Introduction
Thrombotic thrombocytopaenic purpura (TTP) is an uncommon and severe multi-system disease characterized by intravascular platelet aggregation, thrombocytopaenia, central nervous system (and other organ) ischaemia and microangiopathic haemolytic anaemia that mainly occurs in adults (Bukowski, 1982). TTP shows many similarities to haemolytic uraemic syndrome (HUS), a disorder of thrombocytopaenia, microangiopathic haemolytic anaemia and acute renal failure that mainly affects young children (Kaplan & Remuzzi, 1991).

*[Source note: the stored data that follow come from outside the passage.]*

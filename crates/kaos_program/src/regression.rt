//! What could obstruct a goal, for `regress`: the goal of the name, its candidates, and how each stands.

ghost use Rattle.std.specs.Prelude.{◌≡◌, ◌<◌, All, map, length, bytes_eq, IfOk, IfSome};
ghost use Rattle.std.specs.List.{AllZip, list_any, position};
ghost use Rattle.bound_unfolding.specs.CoreTexts.{CoreFits};
ghost use Rattle.bound_unfolding.specs.CoreView.{core_tree_of};
ghost use Rattle.goal_model.specs.ModelViews.{model_of};
ghost use Rattle.obstacle_regression.specs.Regressions.{goal_regression};
ghost use Rattle.obstacle_regression.specs.Standings.{StandsSo};
ghost use Rattle.obstacle_regression.specs.Views.{regressed_of};
ghost use Rattle.kaos_program.specs.Regressing.{goal_named as goal_of_name, is_withheld as is_withheld_form, status_of_standings as status_of_all};

use crate::status::Status;
use goal_model::{Goal, Model};
use obstacle_regression::{Regressed, Standing, regress, standings};
use source_sink::Memory;
use std::alloc::Global;
use tableau_rules::Answerer;

/// Candidates, and a standing for each.
#[derive(Drop)]
pub(crate) struct Assessed {
    pub(crate) found: Regressed,
    pub(crate) standings: Vec<Standing>,
}

// The place of the first goal of a name.
fn place_of(goals: &[Goal], name: &[u8]) -> Option<usize>
    ensures place { result ≡ position (λ goal. bytes_eq goal.name name.now) goals.now }
    ensures inside { IfSome result (λ place. place < length goals.now) }
{
    goals.iter().position(|goal| goal.name.bytes() == name)
}

/// The place of the goal of a name.
pub(crate) fn goal_named(model: &Model, name: &str) -> Option<usize>
    ensures place { result ≡ goal_of_name (model_of model.now) name.now }
    ensures inside { IfSome result (λ place. place < length (model_of model.now).goals) }
{
    place_of(model.goals(), name.as_bytes())
}

/// The candidates for obstacles of the goal at a place, as each stands under a budget.
pub(crate) fn assess<A: Answerer>(
    alloc: Global,
    answerer: &A,
    model: &Model,
    goal: usize,
    depth: u8,
    budget: u32,
) -> Result<Assessed, Memory>
    requires goal { goal < length (model_of model.now).goals }
    ensures found { IfOk result (λ r. regressed_of r.found ≡ goal_regression (model_of model.now) goal depth) }
    ensures fits { IfOk result (λ r. All (λ c. CoreFits (model_of model.now).ranges (core_tree_of c)) r.found.list.items) }
    ensures standings { IfOk result (λ r. AllZip (StandsSo (model_of model.now) budget) (regressed_of r.found).list r.standings.items) }
{
    let found = regress(alloc, model, goal, depth)?;
    let standings = standings(alloc, answerer, model, &found.list, budget)?;
    Ok(Assessed { found, standings })
}

// Whether a candidate is withheld.
fn is_withheld(standing: Standing) -> bool
    ensures { result ≡ is_withheld_form standing }
{
    matches!(standing, Standing::Withheld(_))
}

// Whether one of them is.
fn has_withheld(standings: &[Standing]) -> bool
    ensures { result ≡ list_any is_withheld_form standings.now }
{
    standings.iter().any(|standing| is_withheld(*standing))
}

/// The status that standings give.
pub(crate) fn status_of_standings(standings: &[Standing]) -> Status
    ensures { result ≡ status_of_all standings.now }
{
    if has_withheld(standings) {
        Status::Withheld
    } else {
        Status::Held
    }
}
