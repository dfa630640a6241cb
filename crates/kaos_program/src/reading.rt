//! From the bytes of a text to its model, or to the line that says why there is none.

ghost use Rattle.std.specs.Prelude.{◌≤◌, ℕ, List, All, length, vec_len, IfOk};
ghost use Rattle.model_text.specs.Statements.{StatementForm, statements_of};
ghost use Rattle.model_text.specs.Readability.{IsReadable};
ghost use Rattle.goal_model.specs.WholeDrafts.{IsShallow};
ghost use Rattle.goal_model.specs.Resolution.{outcome_of};
ghost use Rattle.goal_model.specs.Outcomes.{Refuses};
ghost use Rattle.kaos_program.specs.Readings.{ReadsTo};

use crate::refusal_text::{model_refusal, text_refusal};
use goal_model::{Model, ModelRefusal, resolve};
use model_text::{RawModel, read_model};
use source_sink::Memory;
use std::alloc::Global;

/// Bytes that a text may have.
pub(crate) const MOST_BYTES: usize = 1_048_576;

/// What bytes come to before any command.
#[derive(Drop)]
pub(crate) enum Reading {
    /// Their statements, and the model of these.
    Accepted(RawModel, Model),
    /// The line that says why there is none.
    Refused(Vec<u8>),
}

// The line for statements that make no model. Want of memory is no such cause, and comes back as an error.
fn refused_statements(alloc: Global, refusal: ModelRefusal) -> Result<Reading, Memory>
    ensures read { (bytes : List ℕ) (ss : List StatementForm) → length bytes ≤ MOST_BYTES → IsReadable bytes ss → Refuses refusal (outcome_of ss)
        → IfOk result (ReadsTo bytes) }
{
    match refusal {
        ModelRefusal::Refused {
            kind,
            statement,
            name,
        } => Ok(Reading::Refused(model_refusal(alloc, kind, statement, &name)?)),
        ModelRefusal::Memory => Err(Memory),
    }
}

// Looks for the model of statements.
fn resolved(alloc: Global, raw: RawModel) -> Result<Reading, Memory>
    requires few { vec_len raw.statements ≤ 2000 }
    requires shallow { All IsShallow (statements_of raw) }
    ensures read { (bytes : List ℕ) → length bytes ≤ MOST_BYTES → IsReadable bytes (statements_of raw) → IfOk result (ReadsTo bytes) }
{
    match resolve(alloc, &raw) {
        Ok(model) => Ok(Reading::Accepted(raw, model)),
        Err(refusal) => refused_statements(alloc, refusal),
    }
}

/// What bytes within the limit come to.
pub(crate) fn read(alloc: Global, bytes: &[u8]) -> Result<Reading, Memory>
    requires { length bytes.now ≤ MOST_BYTES }
    ensures read { IfOk result (λ reading. ReadsTo bytes.now reading) }
{
    match read_model(alloc, bytes) {
        Ok(raw) => resolved(alloc, raw),
        Err(refusal) => Ok(Reading::Refused(text_refusal(alloc, refusal)?)),
    }
}
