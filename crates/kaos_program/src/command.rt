//! What a run may be asked for. A further command is a variant here; its words are in options.rt, and in specs/Commands.antt.

use verdict_report::Form;

/// What a run is asked for, by words that it borrows from.
#[derive(Clone, Copy)]
pub(crate) enum Command<'w> {
    /// The answer to each demand of a model, in a form. A demand is withheld whose tableau has more nodes than the budget.
    Check {
        budget: u32,
        form: Form,
    },
    /// The candidates for obstacles of the goal of a name, found by so many steps of regression, and whether each is possible. One is withheld
    /// whose tableau has more nodes than the budget.
    Regress {
        goal: &'w str,
        depth: u8,
        budget: u32,
    },
    /// The truth of each goal on each trace of a model.
    Trace,
}
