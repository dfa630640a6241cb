//! The answer to the bytes of a text: the status, the report and the output. It reads and writes nothing.

ghost use Rattle.std.specs.Prelude.{◌≡◌, ◌≤◌, ℕ, true, List, None, length, IfOk};
ghost use Rattle.model_text.specs.Statements.{StatementForm};
ghost use Rattle.goal_model.specs.ModelViews.{model_of};
ghost use Rattle.kaos_program.specs.declared.status.Status.TheVariants as statuses;
ghost use Rattle.kaos_program.specs.Statuses.{is_answer};
ghost use Rattle.kaos_program.specs.Commands.{check as check_form, regress as regress_form, trace as trace_form};
ghost use Rattle.kaos_program.specs.Options.{command_form};
ghost use Rattle.kaos_program.specs.Answering.{IsAccepted, Answers};

use crate::check::{report, status_of};
use crate::command::Command;
use crate::reading::{MOST_BYTES, Reading, read};
use crate::refusal_text::no_goal;
use crate::regression::{assess, goal_named, status_of_standings};
use crate::regression_text::regression_text;
use crate::status::Status;
use crate::truths::{status_of_truths, truths};
use crate::truths_text::truths_text;
use goal_model::Model;
use source_sink::Memory;
use std::alloc::Global;
use tableau_rules::Answerer;
use verdict_report::{Form, Report, form_text};

/// What is due to be written, and the status if it is.
#[derive(Drop)]
pub(crate) struct Due {
    pub(crate) status: Status,
    pub(crate) report: Option<Report>,
    pub(crate) output: Vec<u8>,
}

fn refused(line: Vec<u8>) -> Due
    ensures { (result.status ≡ statuses.Refused) × (result.report ≡ None) × (result.output.items ≡ line.items) }
{
    Due {
        status: Status::Refused,
        report: None,
        output: line,
    }
}

// The report on a model.
fn check<A: Answerer>(
    alloc: Global,
    answerer: &A,
    model: &Model,
    budget: u32,
    form: Form,
) -> Result<Due, Memory>
    ensures answered { (bytes : List ℕ) (ss : List StatementForm) → IsAccepted bytes ss (model_of model.now)
        → IfOk result (λ a. Answers bytes (check_form budget form) a.status a.report a.output.items) }
    ensures status { IfOk result (λ a. is_answer a.status ≡ true) }
{
    let report = report(alloc, answerer, model, budget)?;
    let output = form_text(alloc, form, model, &report)?;
    Ok(Due {
        status: status_of(&report),
        report: Some(report),
        output,
    })
}

// The candidates for obstacles of the goal of a name.
fn regress<A: Answerer>(
    alloc: Global,
    answerer: &A,
    model: &Model,
    name: &str,
    depth: u8,
    budget: u32,
) -> Result<Due, Memory>
    ensures answered { (bytes : List ℕ) (ss : List StatementForm) → IsAccepted bytes ss (model_of model.now)
        → IfOk result (λ a. Answers bytes (regress_form name.now depth budget) a.status a.report a.output.items) }
    ensures status { IfOk result (λ a. is_answer a.status ≡ true) }
{
    let Some(goal) = goal_named(model, name) else {
        return Ok(refused(no_goal(alloc, name)?));
    };
    let regression = assess(alloc, answerer, model, goal, depth, budget)?;
    let output = regression_text(alloc, model, budget, &regression)?;
    Ok(Due {
        status: status_of_standings(&regression.standings),
        report: None,
        output,
    })
}

// The truth of each goal on each trace of a model.
fn trace(alloc: Global, model: &Model) -> Result<Due, Memory>
    ensures answered { (bytes : List ℕ) (ss : List StatementForm) → IsAccepted bytes ss (model_of model.now)
        → IfOk result (λ a. Answers bytes trace_form a.status a.report a.output.items) }
    ensures status { IfOk result (λ a. is_answer a.status ≡ true) }
{
    let rows = truths(alloc, model)?;
    let output = truths_text(alloc, model, &rows)?;
    Ok(Due {
        status: status_of_truths(&rows),
        report: None,
        output,
    })
}

/// The answer to bytes within the limit under a command.
pub(crate) fn answer_to<A: Answerer>(
    alloc: Global,
    answerer: &A,
    command: Command<'_>,
    bytes: &[u8],
) -> Result<Due, Memory>
    requires { length bytes.now ≤ MOST_BYTES }
    ensures answered { IfOk result (λ a. Answers bytes.now (command_form command.entry) a.status a.report a.output.items) }
    ensures status { IfOk result (λ a. is_answer a.status ≡ true) }
{
    let model = match read(alloc, bytes)? {
        Reading::Accepted(_, model) => model,
        Reading::Refused(line) => return Ok(refused(line)),
    };
    match command {
        Command::Check { budget, form } => check(alloc, answerer, &model, budget, form),
        Command::Regress {
            goal,
            depth,
            budget,
        } => regress(alloc, answerer, &model, goal, depth, budget),
        Command::Trace => trace(alloc, &model),
    }
}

Although many attempts have been made to differentiate TTP and HUS, none of the proposed criteria clearly separates the two syndromes (Remuzzi, 1987a). A clinical distinction based on multi-organ involvement in TTP and renal involvement in HUS is not always apparent (Nalbandian, Henry & Bick, 1979). Even the most widely used criteria, the presence of neurological symptoms in TTP and of renal failure in HUS, fails to distinguish TTP from HUS since neurological involvement has been observed in HUS (Gianantonio, 1964; Sheth, Swick & Haworth, 1986) and many patients classified as having TTP also have renal failure (Amorosi & Ultmann, 1966; Dunea et al., 1966; Eknoyan & Riggs, 1986). The fundamental pathological lesion, thrombotic microangiopathy, is identical in TTP and HUS, and identical aetiological agents and pathogenetic mechanisms have been proposed for both syndromes. Most of the available morphological evidence indicates that endothelial injury is probably the inciting event to the development of microangiopathic lesions.
Factors known to cause TTP and HUS (bacterial endotoxins, antibodies and immune complexes, immunosuppressive agents) can all induce vascular endothelial damage (Remuzzi, 1987b).